Growing Chorus of Experts Wants More Fintech Regulation in China
There’s no denying that China is a powerhouse of mobile payment systems. It actually accounts for more mobile payments business than the United States does, by some reports, and though the amounts vary within the region—Hong Kong actually does quite a bit less business than even Singapore by some reports—there’s no doubt this area is big on mobile payments.
A new report has a growing number of experts sounding alarms and calling for greater financial technology (fintech) regulation.
The biggest problem with the current regulation, the growing body of experts notes, is that China’s regulation isn’t exactly lacking, it’s just not up to date. The current laws were fine for their time, but simply aren’t advancing forward at a pace that reflects the changes taking place in the market.
Though a lack of regulation was welcome in the early days—it let companies get set up without a lot of hoops to jump through—the largely maturing market now needs a little extra hand-holding in terms of what’s right, what’s safe, and what just can’t be.

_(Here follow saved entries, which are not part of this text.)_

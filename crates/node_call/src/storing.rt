//! What an event stores is put into the file, before the event is kept.

ghost use Rattle.std.specs.Prelude.{◌≡◌, ◌≢◌, ◌⊎◌, true, false, None, OnOk, OnErr, IfErr, IfSome};
ghost use Rattle.std.specs.FinMap.{find};
ghost use Rattle.meta_types.specs.Order.{key_cmp};
ghost use Rattle.devices.specs.Device.{HasFailed, LeavesOnly};
ghost use Rattle.node_events.specs.Event.{stored_key};
ghost use Rattle.node_file.specs.File.{file_state};
ghost use Rattle.node_file.specs.View.{IsSettled};
ghost use Rattle.node_file.specs.Stored.{LeavesRecord, record_under};
ghost use Rattle.node_call.specs.Stored.{HasRecordRoom, HasStored, IsOfSameLife, IsStillWhole, IsStoredOf, RefusesStoring, record_after};

use devices::Device;
use meta_store::Store;
use meta_types::MetaKey;
use node_events::NodeEvent;
use node_file::{FileFault, NodeFile};
use std::alloc::Global;

/// Puts what the event stores into the file, out of what the store then holds. Refused with 33
/// `FileFull`; with 30 `Device`, which stops the file; or with 99 `Memory`, which stops it or
/// leaves what it held.
pub fn store_in<D: Device>(
    alloc: Global,
    file: &mut NodeFile<D>,
    event: &NodeEvent,
    store: &Store,
) -> Result<(), FileFault>
    requires going { file.old.is_stopped ≡ false }
    requires served { file.old.is_served ≡ true }
    requires within { IsStoredOf store.now
        (file_state (D.content file.old.device)).contents.table }
    ensures stored { OnOk result (HasStored D.content D.may_leave
        (record_after event.now store.now) file.old file.new) }
    ensures going { OnOk result (file.new.is_stopped ≡ false) }
    ensures file_room { OnOk result
        (HasRecordRoom file.old.gate (record_after event.now store.now)) }
    ensures refused { IfErr result (RefusesStoring file.old.gate (record_after event.now store.now)
        (D.failed file.old.device) (D.failed file.new.device) file.new) }
    ensures whole { OnErr result (IsStillWhole D.content D.may_leave file.old file.new) }
    ensures any_moment { LeavesOnly D.moment D.left_since file.old.device file.new.device
        (LeavesRecord (D.content file.old.device) (record_after event.now store.now)) }
    ensures whose { IsOfSameLife file.old file.new }
{
    match event.stored_key() {
        Some(key) => store_under(alloc, file, key, store),
        None => {
            // (for its type)
            let _ = file.device();
            Ok(())
        }
    }
}

/// Puts what is held under the key into the file, if something is held there.
fn store_under<D: Device>(
    alloc: Global,
    file: &mut NodeFile<D>,
    key: &MetaKey,
    store: &Store,
) -> Result<(), FileFault>
    requires going { file.old.is_stopped ≡ false }
    requires served { file.old.is_served ≡ true }
    requires within { IsStoredOf store.now
        (file_state (D.content file.old.device)).contents.table }
    ensures stored { OnOk result (HasStored D.content D.may_leave
        (record_under (Some key.now) store.now) file.old file.new) }
    ensures going { OnOk result (file.new.is_stopped ≡ false) }
    ensures file_room { OnOk result
        (HasRecordRoom file.old.gate (record_under (Some key.now) store.now)) }
    ensures refused { IfErr result (RefusesStoring file.old.gate
        (record_under (Some key.now) store.now) (D.failed file.old.device)
        (D.failed file.new.device) file.new) }
    ensures whole { OnErr result (IsStillWhole D.content D.may_leave file.old file.new) }
    ensures any_moment { LeavesOnly D.moment D.left_since file.old.device file.new.device
        (LeavesRecord (D.content file.old.device) (record_under (Some key.now) store.now)) }
    ensures whose { IsOfSameLife file.old file.new }
{
    // (for its type)
    let _ = file.device();
    let _ = store.len();
    match store.object(key) {
        Some(object) => file.append(alloc, key, object),
        None => Ok(()),
    }
}
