ghost use Rattle.std.specs.Prelude.{◌≡◌, IfOk};

use crate::source::Source;
use dvvset::Vector;
use meta_types::MetaKey;
use std::alloc::AllocError;
use std::marker::Model;

/// What a read hands out for a later write: the key that was read, the vector of the object there,
/// and who read. Only `Store::look` and `Store::context` make one, and `copy` another.
#[derive(Debug, Drop, PartialEq, Eq)]
pub struct Context {
    key: MetaKey,
    vector: Vector,
    source: Source,
}

impl Model for Context {
    ghost use Rattle.meta_store.specs.Context.{Reading};

    ghost Value = { Reading };

    ghost view = { λ c. record { key = c.key; vector = c.vector; source = c.source } };

    ghost inverse = { λ r. record { key = r.key; vector = r.vector; source = r.source } };
}

impl Context {
    pub(crate) fn new(key: MetaKey, vector: Vector, source: Source) -> Self
        ensures { result ≡ record { key = key; vector = vector; source = source } }
    {
        Context {
            key,
            vector,
            source,
        }
    }

    /// Returns the key that was read.
    pub fn key(&self) -> &MetaKey
        ensures { result.now ≡ self.now.key }
    {
        &self.key
    }

    /// Returns the vector of the object that stood there: what a write with this context has read.
    pub fn vector(&self) -> &Vector
        ensures { result.now ≡ self.now.vector }
    {
        &self.vector
    }

    pub fn source(&self) -> Source
        ensures { result ≡ self.now.source }
    {
        self.source
    }

    /// Fails only when memory runs out.
    pub fn copy(&self) -> Result<Self, AllocError>
        ensures { IfOk result (λ copy. copy ≡ self.now) }
    {
        Ok(Context {
            key: self.key.copy()?,
            vector: self.vector.copy()?,
            source: self.source,
        })
    }
}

There are too many risks associated with fintech to not more closely consider it; an example of the potential risk often cited is Ezubao, which took investors for $7.6 billion dollars, reports note, by offering a line of outright fake investment products.

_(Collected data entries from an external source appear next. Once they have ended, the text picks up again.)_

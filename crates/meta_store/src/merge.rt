//! Merges.

ghost use Rattle.std.specs.Prelude.{◌≡◌, ◌≢◌, true, not, [], List, Ok, None, IfOk, IfSome, OnOk, OnErr};
ghost use Rattle.meta_types.specs.Failing.{FailsBy};
ghost use Rattle.meta_types.specs.Name.{Key};
ghost use Rattle.dvvset.specs.Clock.{join, sync};
ghost use Rattle.past_model.specs.declared.happening.Happening.{Happening};
ghost use Rattle.past_model.specs.Sets.{Places, union};
ghost use Rattle.past_model.specs.Past.{writes};
ghost use Rattle.past_model.specs.History.{IsHistory};
ghost use Rattle.past_model.specs.Shown.{IsObjectOf};
ghost use Rattle.meta_store.specs.Table.{IsHeld, is_stale, object_at};
ghost use Rattle.meta_store.specs.Step.{is_full_for, table_after_merge, answer_of_merge, merged_if_fresh, object_after_merge, refusal_of_merge, refusal_of_sync};
ghost use Rattle.meta_store.specs.declared.fault.StoreFault.TheVariants.{Memory};
ghost use Rattle.meta_store.specs.declared.merge.Merged.TheVariants.{Stale};

use crate::fault::StoreFault;
use crate::size::is_small_enough;
use crate::store::{MAX_KEYS, Store};
use dvvset::{Entries, knows, sync};
use frame_fields::lawful::all_are_bare;
use meta_types::MetaKey;
use std::alloc::Global;

/// The most bytes of an object after a merge, as its field of a frame.
pub const MAX_MERGED_LEN: usize = 16_000_000;

/// What a merge did.
#[derive(Clone, Copy, Debug, PartialEq, Eq)]
pub enum Merged {
    /// What came counts a write that was not known: the merge is held now.
    Fresh,
    /// What came counts no write that was not known: nothing changed.
    Stale,
}

impl Store {
    /// Merges an object that came from another store into what is held under the key. If it counts
    /// no write that isn't known, this returns `Stale`, and nothing changes; that takes no memory
    /// and is never refused. Nothing changes under other keys.
    ///
    /// What isn't stale is refused, in this order, with 21 `BadEntries` if the merge would show no
    /// value, which happens only with forged objects, 25 `StoreFull` for a new key if 8,192 are
    /// held, and 27 `ObjectTooLarge` if the merge would have more than 65,535 entries, more than
    /// 65,535 values of one writer, or more than 16,000,000 bytes as its field of a frame; 99
    /// `Memory` may stand in place of any other result. Then nothing changes. Key and object are
    /// dropped with a refusal.
    pub fn merge(&mut self, key: MetaKey, object: Entries) -> Result<Merged, StoreFault>
        ensures stale { is_stale self.old key (join object) ≡ true → result ≡ Ok Stale }
        ensures value { OnOk result (self.new ≡ table_after_merge self.old key object) }
        ensures answer { IfOk result (λ answer. answer ≡ answer_of_merge self.old key object) }
        ensures here { OnOk result
            (object_at self.new key ≡ object_after_merge self.old key object) }
        ensures elsewhere { OnOk result ((other : Key) → other ≢ key
            → object_at self.new other ≡ object_at self.old other) }
        ensures union { OnOk result ((hs : List Happening) → IsHistory hs
            → (S T : Places)
            → IsObjectOf (writes hs) key S (object_at self.old key)
            → IsObjectOf (writes hs) key T object
            → IsObjectOf (writes hs) key (union S T) (object_at self.new key)) }
        ensures no_refusal { OnOk result (refusal_of_merge self.old key object ≡ None) }
        ensures fault { FailsBy Memory (refusal_of_merge self.old key object) result }
        ensures same { OnErr result (self.new ≡ self.old) }
    {
        let Some(merged) = self.preview_merge(&key, &object)? else {
            return Ok(Merged::Stale);
        };
        self.hold(key, merged)?;
        Ok(Merged::Fresh)
    }

    /// Returns the object that `merge` would hold, or none if what came is stale; that takes no
    /// memory and is never refused. Nothing changes. Refused as `merge` is.
    pub fn preview_merge(
        &self,
        key: &MetaKey,
        came: &Entries,
    ) -> Result<Option<Entries>, StoreFault>
        ensures stale { is_stale self.now key.now (join came.now) ≡ true → result ≡ Ok None }
        ensures value { IfOk result
            (λ merged. merged ≡ merged_if_fresh self.now key.now came.now) }
        ensures held { IfOk result (λ merged. IfSome merged IsHeld) }
        ensures no_refusal { OnOk result (refusal_of_merge self.now key.now came.now ≡ None) }
        ensures fault { FailsBy Memory (refusal_of_merge self.now key.now came.now) result }
    {
        let alloc = self.allocator();
        let absent = Entries::empty(alloc);
        let (held, has_room) = self.held_or(key, &absent);
        if knows(held, came) {
            return Ok(None);
        }
        Ok(Some(synced(alloc, held, came, has_room)?))
    }

    /// Returns the object under the key, or `absent` if nothing is held, and whether an object may
    /// be held there.
    fn held_or<'a>(&'a self, key: &MetaKey, absent: &'a Entries) -> (&'a Entries, bool)
        requires { absent.now ≡ [] }
        ensures object { result.0.now ≡ object_at self.now key.now }
        ensures room { not result.1 ≡ is_full_for self.now key.now }
    {
        match self.object(key) {
            Some(held) => (held, true),
            None => (absent, self.len() < MAX_KEYS),
        }
    }
}

/// Returns the merge of what is held and what came.
fn synced(
    alloc: Global,
    held: &Entries,
    came: &Entries,
    has_room: bool,
) -> Result<Entries, StoreFault>
    ensures value { IfOk result (λ object. object ≡ sync held.now came.now) }
    ensures held { IfOk result IsHeld }
    ensures no_refusal { OnOk result
        (refusal_of_sync held.now came.now (not has_room) ≡ None) }
    ensures fault { FailsBy Memory (refusal_of_sync held.now came.now (not has_room)) result }
{
    let merged = sync(alloc, held, came)?;
    if all_are_bare(merged.entries()) {
        return Err(StoreFault::BadEntries);
    }
    if !has_room {
        return Err(StoreFault::StoreFull);
    }
    if !is_small_enough(&merged, MAX_MERGED_LEN) {
        return Err(StoreFault::ObjectTooLarge);
    }
    Ok(merged)
}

It’s an issue that has long-plagued governments; how much regulation is too little to stop an event like Ezubao, and how much is too much to allow for ready development?
It does seem that China erred on the side of lack of caution in the early going, and that could have been helpful, but it’s not the kind of thing that can keep forever. Some regulation is always necessary, and finding that balance can be difficult as we’ve seen on several different occasions.
Still, a move to reconsider regulation and bring it up to date should be helpful going forward; staying out of new development’s way is a smart plan, but we’re past the stage of new development now.